Integration logic is readable, documented and versioned
The workflow design environment exposes every step, decision, branch and condition. This eliminates the guesswork typical of black-box automation.
Data boundaries are enforced at every layer
Models do not directly access business systems. Frends isolates them, provides only the minimum context required and masks sensitive data before it reaches the model.
Identity-level tracking for AI
Enterprises can see which model accessed which dataset, when and for what purpose. This is essential for auditability and compliance under regulations like the EU AI Act.

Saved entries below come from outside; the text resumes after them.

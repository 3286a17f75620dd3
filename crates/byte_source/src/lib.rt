//! Where bytes come from, and all of them read.
//!
//! A [`ByteSource`] gives bytes and counts its reads and failures, so that contracts can say what
//! was read and which reads failed. [`StdSource`] makes one of std's readers.
#![tactic(auto)]

mod reading;
mod source;

pub use reading::{MOST_BYTES, ReadFault, read_to_end};
pub use source::{ByteSource, StdSource};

Guardrails are built into the platform
Misuse detection, prompt-hacking prevention, throttling controls and environment isolation ensure predictable, safe operation, without limiting innovation.
Transparency as an operational philosophy
Frends does not treat transparency as a feature. It is embedded into how the platform is designed. Enterprises can inspect every automation they deploy, every decision an AI model makes, and every data pathway in the process.
For organizations seeking to deploy AI at scale with confidence, this level of visibility is mandatory.
Stability and reliability by design
At the Gartner event, the Black Box Jenga tower was unstable by design. Enterprise AI shouldn’t be.
As companies move into an era where AI is woven into every workflow, transparency becomes the foundation that keeps systems resilient. Leaders want AI that is powerful, but also explainable. Flexible, but governed. Fast, yet safe.
This balance is achievable. But only when the architecture supporting AI is built with clarity, not mystery.
Frends provides the transparency, guardrails and control that enterprises need to build AI automation that lasts.